Sigma1 Tauri

Observation data Epoch J2000.0 Equinox J2000.0 (ICRS)
- Constellation: Taurus
- Right ascension: 04^{h} 39^{m} 09.22247^{s}
- Declination: +15° 47′ 59.5345″
- Apparent magnitude (V): 5.07

Characteristics
- Spectral type: A4m
- U−B color index: 0.190
- B−V color index: 0.146

Astrometry
- Radial velocity (R_{v}): +26.1±10.0 km/s
- Proper motion (μ): RA: +41.91 mas/yr Dec.: −66.88 mas/yr
- Parallax (π): 22.18±0.93 mas
- Distance: 147 ± 6 ly (45 ± 2 pc)
- Absolute magnitude (M_{V}): 1.73

Orbit
- Primary: σ^{1} Tau A
- Name: σ^{1} Tau B
- Period (P): 38.951 d
- Eccentricity (e): 0.15
- Longitude of the node (Ω): 82°
- Periastron epoch (T): 2443094.319 JD
- Semi-amplitude (K_{1}) (primary): 7.9 km/s

Details
- Mass: 1.94 M_{☉}
- Luminosity: 14.7 L_{☉}
- Surface gravity (log g): 4.08 cgs
- Temperature: 8,470 K
- Rotational velocity (v sin i): 56.5±7.1 km/s
- Other designations: 91 Tauri, BD+15°665, HD 29479, HIP 21673, HR 1478, SAO 94051, WDS J04393+1555B

Database references
- SIMBAD: data

= Sigma1 Tauri =

Star in the constellation Taurus

Sigma^{1} Tauri (σ^{1} Tauri) is the Bayer designation for a white-hued star in the zodiac constellation of Taurus. It has an apparent visual magnitude of +5.07, which indicates it is visible to the naked eye.
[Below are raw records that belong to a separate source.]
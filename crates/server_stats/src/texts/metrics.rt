//! The metrics of Prometheus, in its text format (Prometheus documentation, "Exposition formats").
ghost use Rattle.std.specs.Prelude.{◌≡◌, ◌++◌, IfOk, OnOk};
ghost use Rattle.server_stats.specs.texts.Metrics.{account_metrics, escaped, escaped_byte, family, header, metrics_of, own_metrics, sample, sample_of, samples, single};

use crate::counts::Account;
use crate::texts::metric::{Metric, help_of, kind_of, name_of, number_of};
use crate::texts::report::Report;
use base::NoMemory;
use itoa::Buffer;
use std::alloc::Global;

/// Returns the metrics of what a server has counted, each with its header. `NoMemory` where memory could not be had.
pub fn metrics_of(alloc: Global, report: &Report<'_>) -> Result<Vec<u8>, NoMemory>
    ensures { IfOk result (λ text. text.items ≡ metrics_of report.now) }
{
    let mut out = Vec::new(alloc);
    put_own(&mut out, report)?;
    put_families(&mut out, report.accounts)?;
    Ok(out)
}

/// Writes the metrics that are no account's.
fn put_own(out: &mut Vec<u8>, report: &Report<'_>) -> Result<(), NoMemory>
    ensures { OnOk result (out.new.items ≡ out.old.items ++ own_metrics report.now) }
{
    put_single(out, Metric::Connections, report.connections)?;
    put_single(out, Metric::Held, report.others.held)?;
    put_single(out, Metric::WaitingBytes, report.others.bytes)?;
    put_single(out, Metric::HistoryEntries, report.hub.entries)?;
    put_single(out, Metric::HistoryBytes, report.history_bytes)?;
    put_single(out, Metric::Rotations, report.rotations)?;
    put_single(out, Metric::Epoch, report.hub.epoch)?;
    Ok(())
}

/// Writes the metrics of accounts.
fn put_families(out: &mut Vec<u8>, accounts: &[Account]) -> Result<(), NoMemory>
    ensures { OnOk result (out.new.items ≡ out.old.items ++ account_metrics accounts.now) }
{
    put_family(out, Metric::Sessions, accounts)?;
    put_family(out, Metric::Subscriptions, accounts)?;
    put_family(out, Metric::Waiting, accounts)?;
    put_family(out, Metric::Received, accounts)?;
    put_family(out, Metric::Sent, accounts)?;
    put_family(out, Metric::Slow, accounts)?;
    Ok(())
}

/// Writes a metric with one number.
#[tactic(auto, unfolding(crate::specs::texts::Metrics::single))]
fn put_single(out: &mut Vec<u8>, metric: Metric, number: u64) -> Result<(), NoMemory>
    ensures { OnOk result (out.new.items ≡ out.old.items ++ single metric number) }
{
    put_header(out, metric)?;
    put_sample(out, metric, number)?;
    Ok(())
}

/// Writes a metric with a number for each account.
#[tactic(auto, unfolding(crate::specs::texts::Metrics::family))]
fn put_family(out: &mut Vec<u8>, metric: Metric, accounts: &[Account]) -> Result<(), NoMemory>
    ensures { OnOk result (out.new.items ≡ out.old.items ++ family metric accounts.now) }
{
    put_header(out, metric)?;
    put_samples(out, metric, accounts)?;
    Ok(())
}

/// Writes the lines that say what a metric means and what type it has.
fn put_header(out: &mut Vec<u8>, metric: Metric) -> Result<(), NoMemory>
    ensures { OnOk result (out.new.items ≡ out.old.items ++ header metric) }
{
    put(out, "# HELP ")?;
    put(out, name_of(metric))?;
    put(out, " ")?;
    put(out, help_of(metric))?;
    put(out, "\n# TYPE ")?;
    put(out, name_of(metric))?;
    put(out, " ")?;
    put(out, kind_of(metric))?;
    put(out, "\n")?;
    Ok(())
}

/// Writes the line of a metric's only number.
fn put_sample(out: &mut Vec<u8>, metric: Metric, number: u64) -> Result<(), NoMemory>
    ensures { OnOk result (out.new.items ≡ out.old.items ++ sample metric number) }
{
    put(out, name_of(metric))?;
    put_number(out, number)?;
    Ok(())
}

/// Writes the lines of a metric's numbers, one for each account, in order.
fn put_samples(out: &mut Vec<u8>, metric: Metric, accounts: &[Account]) -> Result<(), NoMemory>
    ensures { OnOk result (out.new.items ≡ out.old.items ++ samples metric accounts.now) }
{
    for account in accounts {
        put_sample_of(out, metric, account)?;
    }
    Ok(())
}

/// Writes the line of a metric's number of an account, whose name is a label.
fn put_sample_of(out: &mut Vec<u8>, metric: Metric, account: &Account) -> Result<(), NoMemory>
    ensures { OnOk result (out.new.items ≡ out.old.items ++ sample_of metric account.now) }
{
    put(out, name_of(metric))?;
    put(out, "{account=\"")?;
    put_escaped(out, account.name.as_slice())?;
    put(out, "\"}")?;
    put_number(out, number_of(metric, account.counts))?;
    Ok(())
}

/// Writes a label's value: a backslash, a quote and a line feed are escaped.
fn put_escaped(out: &mut Vec<u8>, value: &[u8]) -> Result<(), NoMemory>
    ensures { OnOk result (out.new.items ≡ out.old.items ++ escaped value.now) }
{
    for byte in value {
        put_byte(out, *byte)?;
    }
    Ok(())
}

/// Writes a byte of a label's value.
fn put_byte(out: &mut Vec<u8>, byte: u8) -> Result<(), NoMemory>
    ensures { OnOk result (out.new.items ≡ out.old.items ++ escaped_byte byte) }
{
    match byte {
        b'\\' => put(out, "\\\\"),
        b'"' => put(out, "\\\""),
        b'\n' => put(out, "\\n"),
        _ => {
            out.push(byte)?;
            Ok(())
        }
    }
}

ghost use Rattle.std.specs.Prelude.{◌∷◌, [], codes, decimal};

/// Writes a number behind a space, and LF.
fn put_number(out: &mut Vec<u8>, number: u64) -> Result<(), NoMemory>
    ensures { OnOk result (out.new.items ≡ out.old.items ++ codes " " ++ decimal number ++ codes "\n") }
{
    let mut digits = Buffer::new();
    put(out, " ")?;
    put(out, digits.format(number))?;
    put(out, "\n")?;
    Ok(())
}

/// Writes a text.
fn put(out: &mut Vec<u8>, text: &str) -> Result<(), NoMemory>
    ensures { OnOk result (out.new.items ≡ out.old.items ++ text.now) }
{
    out.extend_from_slice(text.as_bytes())?;
    Ok(())
}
Based upon parallax measurements, σ^{1} Tauri is about 147 light-years from the Sun.

σ^{1} Tauri is a single-lined spectroscopic binary star system with an orbital period of 38.951 days and an eccentricity of 0.15. The visible component is an Am star with a stellar classification of A4m, indicating it is chemically peculiar A-type star. It is spinning with a projected rotational velocity of 56.5 km/s. The star has 1.9 times the mass of the Sun and is radiating 14.7 times the Sun's luminosity from its photosphere at an effective temperature of 8,470 K. Although it lies in the general direction of the Hyades cluster, based on parallax measurements it has been excluded from the list of candidate members.